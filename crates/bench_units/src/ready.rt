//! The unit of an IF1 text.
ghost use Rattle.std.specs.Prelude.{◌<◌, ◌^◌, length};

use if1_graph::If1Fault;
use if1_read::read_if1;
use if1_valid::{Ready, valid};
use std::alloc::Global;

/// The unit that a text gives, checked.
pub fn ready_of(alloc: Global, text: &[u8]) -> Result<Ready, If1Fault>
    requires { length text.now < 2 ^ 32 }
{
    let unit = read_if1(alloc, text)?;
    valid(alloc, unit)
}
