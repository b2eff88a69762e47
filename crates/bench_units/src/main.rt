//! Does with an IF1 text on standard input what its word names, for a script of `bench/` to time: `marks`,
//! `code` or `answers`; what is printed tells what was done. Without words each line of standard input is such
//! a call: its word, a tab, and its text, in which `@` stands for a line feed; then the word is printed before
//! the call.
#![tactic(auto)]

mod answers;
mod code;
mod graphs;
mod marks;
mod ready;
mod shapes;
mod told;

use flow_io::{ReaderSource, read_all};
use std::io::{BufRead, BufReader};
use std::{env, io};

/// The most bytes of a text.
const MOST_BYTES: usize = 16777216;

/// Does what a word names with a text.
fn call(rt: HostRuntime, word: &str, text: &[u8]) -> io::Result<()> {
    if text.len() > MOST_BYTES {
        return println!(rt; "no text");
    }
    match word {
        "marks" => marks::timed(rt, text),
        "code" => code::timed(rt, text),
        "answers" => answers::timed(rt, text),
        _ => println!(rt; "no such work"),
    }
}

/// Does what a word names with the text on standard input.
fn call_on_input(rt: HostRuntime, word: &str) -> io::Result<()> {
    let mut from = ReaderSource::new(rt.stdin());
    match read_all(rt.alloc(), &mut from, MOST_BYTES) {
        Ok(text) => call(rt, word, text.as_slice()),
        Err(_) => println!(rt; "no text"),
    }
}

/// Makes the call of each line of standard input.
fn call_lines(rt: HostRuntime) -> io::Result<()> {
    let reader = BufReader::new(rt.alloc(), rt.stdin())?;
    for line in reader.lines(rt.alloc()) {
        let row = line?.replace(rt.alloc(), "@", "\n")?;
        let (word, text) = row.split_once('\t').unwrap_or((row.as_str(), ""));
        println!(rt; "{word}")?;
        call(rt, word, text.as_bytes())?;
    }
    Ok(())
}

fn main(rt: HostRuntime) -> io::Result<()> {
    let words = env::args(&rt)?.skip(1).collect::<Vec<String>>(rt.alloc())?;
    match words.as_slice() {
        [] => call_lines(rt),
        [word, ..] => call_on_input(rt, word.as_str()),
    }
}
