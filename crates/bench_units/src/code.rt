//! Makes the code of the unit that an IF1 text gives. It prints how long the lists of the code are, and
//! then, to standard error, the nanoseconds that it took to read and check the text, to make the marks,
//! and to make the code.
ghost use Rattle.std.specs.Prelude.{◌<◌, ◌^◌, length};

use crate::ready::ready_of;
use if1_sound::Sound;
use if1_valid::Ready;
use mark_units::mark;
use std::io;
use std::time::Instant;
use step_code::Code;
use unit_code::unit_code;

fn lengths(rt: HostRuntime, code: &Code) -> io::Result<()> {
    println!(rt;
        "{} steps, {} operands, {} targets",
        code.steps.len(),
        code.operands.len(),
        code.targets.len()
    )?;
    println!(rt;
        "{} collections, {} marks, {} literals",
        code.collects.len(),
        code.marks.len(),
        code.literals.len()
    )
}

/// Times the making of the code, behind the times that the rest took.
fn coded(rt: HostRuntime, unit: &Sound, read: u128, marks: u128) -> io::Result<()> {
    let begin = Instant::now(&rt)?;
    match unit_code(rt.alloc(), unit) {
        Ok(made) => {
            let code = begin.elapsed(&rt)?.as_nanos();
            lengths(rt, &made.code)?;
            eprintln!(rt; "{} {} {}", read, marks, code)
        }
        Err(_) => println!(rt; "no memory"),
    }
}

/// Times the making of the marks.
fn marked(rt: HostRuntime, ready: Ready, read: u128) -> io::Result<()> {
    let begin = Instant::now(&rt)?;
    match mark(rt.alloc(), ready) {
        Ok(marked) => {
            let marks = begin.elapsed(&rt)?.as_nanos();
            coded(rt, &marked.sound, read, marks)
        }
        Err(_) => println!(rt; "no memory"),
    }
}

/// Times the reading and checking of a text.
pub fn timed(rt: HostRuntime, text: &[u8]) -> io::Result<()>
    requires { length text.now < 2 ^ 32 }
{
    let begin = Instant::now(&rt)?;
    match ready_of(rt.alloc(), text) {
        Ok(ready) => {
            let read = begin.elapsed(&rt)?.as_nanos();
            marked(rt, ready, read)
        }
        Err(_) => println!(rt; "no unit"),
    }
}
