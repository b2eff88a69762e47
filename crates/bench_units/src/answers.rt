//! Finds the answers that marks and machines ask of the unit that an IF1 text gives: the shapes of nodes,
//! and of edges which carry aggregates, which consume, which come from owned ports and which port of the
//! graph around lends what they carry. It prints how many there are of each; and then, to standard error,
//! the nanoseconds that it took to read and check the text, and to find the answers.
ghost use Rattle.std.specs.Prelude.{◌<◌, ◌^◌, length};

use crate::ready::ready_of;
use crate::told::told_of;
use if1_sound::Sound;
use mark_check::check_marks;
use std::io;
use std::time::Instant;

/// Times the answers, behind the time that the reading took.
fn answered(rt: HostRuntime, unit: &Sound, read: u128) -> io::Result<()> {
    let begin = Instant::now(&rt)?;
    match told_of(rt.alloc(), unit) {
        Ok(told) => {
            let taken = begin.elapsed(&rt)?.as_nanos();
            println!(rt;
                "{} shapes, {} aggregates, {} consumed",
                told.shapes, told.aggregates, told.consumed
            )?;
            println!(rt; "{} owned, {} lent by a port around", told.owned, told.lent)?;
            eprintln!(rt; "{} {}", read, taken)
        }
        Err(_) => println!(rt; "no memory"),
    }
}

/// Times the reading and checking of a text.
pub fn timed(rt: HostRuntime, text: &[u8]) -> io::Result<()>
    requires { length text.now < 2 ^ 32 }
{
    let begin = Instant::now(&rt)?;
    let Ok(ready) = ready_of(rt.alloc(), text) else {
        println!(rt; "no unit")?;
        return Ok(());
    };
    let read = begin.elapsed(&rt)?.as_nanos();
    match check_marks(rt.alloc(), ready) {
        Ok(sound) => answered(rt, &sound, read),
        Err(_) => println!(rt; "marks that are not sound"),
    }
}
================
_WHAT THE EXERCISE ASKS_
Search the data for "coded". Copy each line that has it.

_WRITTEN ANSWER_
fn coded(rt: HostRuntime, unit: &Sound, read: u128, marks: u128) -> io::Result<()> {
            coded(rt, &marked.sound, read, marks)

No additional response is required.